Peu coutumier de ce genre de déclaration publique, le juge David Maraga s'est exprimé à la suite du non-respect de plusieurs décisions de justice depuis l'investiture symbolique comme "président du peuple" le 30 janvier de l'opposant Raila Odinga, qui refuse de reconnaître la réélection du président Uhuru Kenyatta en 2017.

"Ces derniers jours, nous avons constaté des développements préoccupants dans l'administration de la justice, qui menacent l'Etat de droit", a déclaré M. Maraga, rendu célèbre par la décision historique de la Cour suprême, le 1er septembre 2017, d'annuler le résultat de l'élection présidentielle du 8 août et d'ordonner un nouveau scrutin.

M. Maraga n'a pas précisé les décisions de justice concernées, mais depuis la prestation de serment symbolique de M. Odinga, la police a refusé d'obéir à deux ordres séparés de libérer sous caution un membre de l'opposition arrêté pour sa participation à cette cérémonie, et à plusieurs ordres de présenter cette même personne devant un tribunal de Nairobi.

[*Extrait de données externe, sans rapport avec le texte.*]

//! The active calls of a script, as its markers report them.

use crate::markers::{Marker, Moment};
use lsl_text::NoMemory;
use std::alloc::Global;

/// An active call. `is_again` says whether the condition of a loop came last, `sleeps` whether a tick passes before its
/// next marker, and `returning` is the marker of the `return` that was begun.
#[derive(Clone, Copy)]
pub struct Frame {
    pub routine: usize,
    pub serial: u64,
    pub is_again: bool,
    pub sleeps: bool,
    pub returning: Option<usize>,
}

/// A script that runs: its calls, the innermost last, and the ticks that pass when it continues.
#[derive(Drop)]
pub struct Running {
    pub stack: Vec<Frame>,
    pub pending: u64,
}

pub fn idle(alloc: Global, scripts: usize) -> Result<Vec<Running>, NoMemory> {
    let mut running = Vec::new(alloc);
    for _ in 0..scripts {
        running.push(Running {
            stack: Vec::new(alloc),
            pending: 0,
        })?;
    }
    Ok(running)
}

impl Frame {
    /// Whether its `return` was begun, which doesn't call this routine.
    pub fn is_over(&self, markers: &[Marker], routine: usize) -> bool {
        let Some(returning) = self.returning else {
            return false;
        };
        match markers.get(returning) {
            Some(
                Marker {
                    calls: Some(calls),
                    ..
                },
            ) => !calls.contains(&routine),
            _ => false,
        }
    }

    /// Whether it is over at this marker: the marker is of another routine, or a `return` was begun and the marker
    /// isn't the next after its statement's.
    pub fn is_left(&self, number: usize, marker: &Marker) -> bool {
        match self.returning {
            Some(returning) => {
                marker.moment != Moment::Leave || number != returning.saturating_add(1)
            }
            None => self.routine != marker.routine,
        }
    }
}

/// The call that called the innermost one, or 0.
pub fn outer_of(stack: &[Frame]) -> u64 {
    match stack {
        [.., outer, _] => outer.serial,
        _ => 0,
    }
}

Cet opposant, Miguna Miguna, a finalement été expulsé mardi soir vers le Canada - il possède également la nationalité canadienne - en dépit de ces décisions de justice.

L'Autorité des communications a, elle, obéi avec plusieurs jours de retard, et seulement partiellement, à une décision lui ordonnant de lever la suspension d'antenne pour quatre chaînes de télévision - dont les trois principales chaînes privées du pays. Elles avaient été suspendues pour avoir tenté de retransmettre la "prestation de serment" de M. Odinga.

Si KTN News et NTV ont repris l'antenne lundi, Citizen TV, la plus regardée du pays, et la chaîne locale Inooro TV qui appartient au même groupe, sont toujours interdites de diffusion.

"Tous les représentants de l'Etat font le serment de protéger et de soutenir la Constitution. Désobéir à une décision de justice n'est pas seulement une violation de la Constitution, c'est aussi faire fi de son devoir public", a déclaré David Maraga. 

"Se soumettre à une décision d'un tribunal, ce n'est un choix pour aucun individu ou institution (...), c'est une obligation civique et constitutionnelle", a-t-il ajouté.

La défiance dont font preuve les autorités vis-à-vis de ces décisions de justice fait craindre un recul des libertés au Kenya, où la réélection d'Uhuru Kenyatta en 2017 a été accompagnée de mois de troubles ayant fait au moins 92 morts, selon des organisations de défense des droits de l'Homme.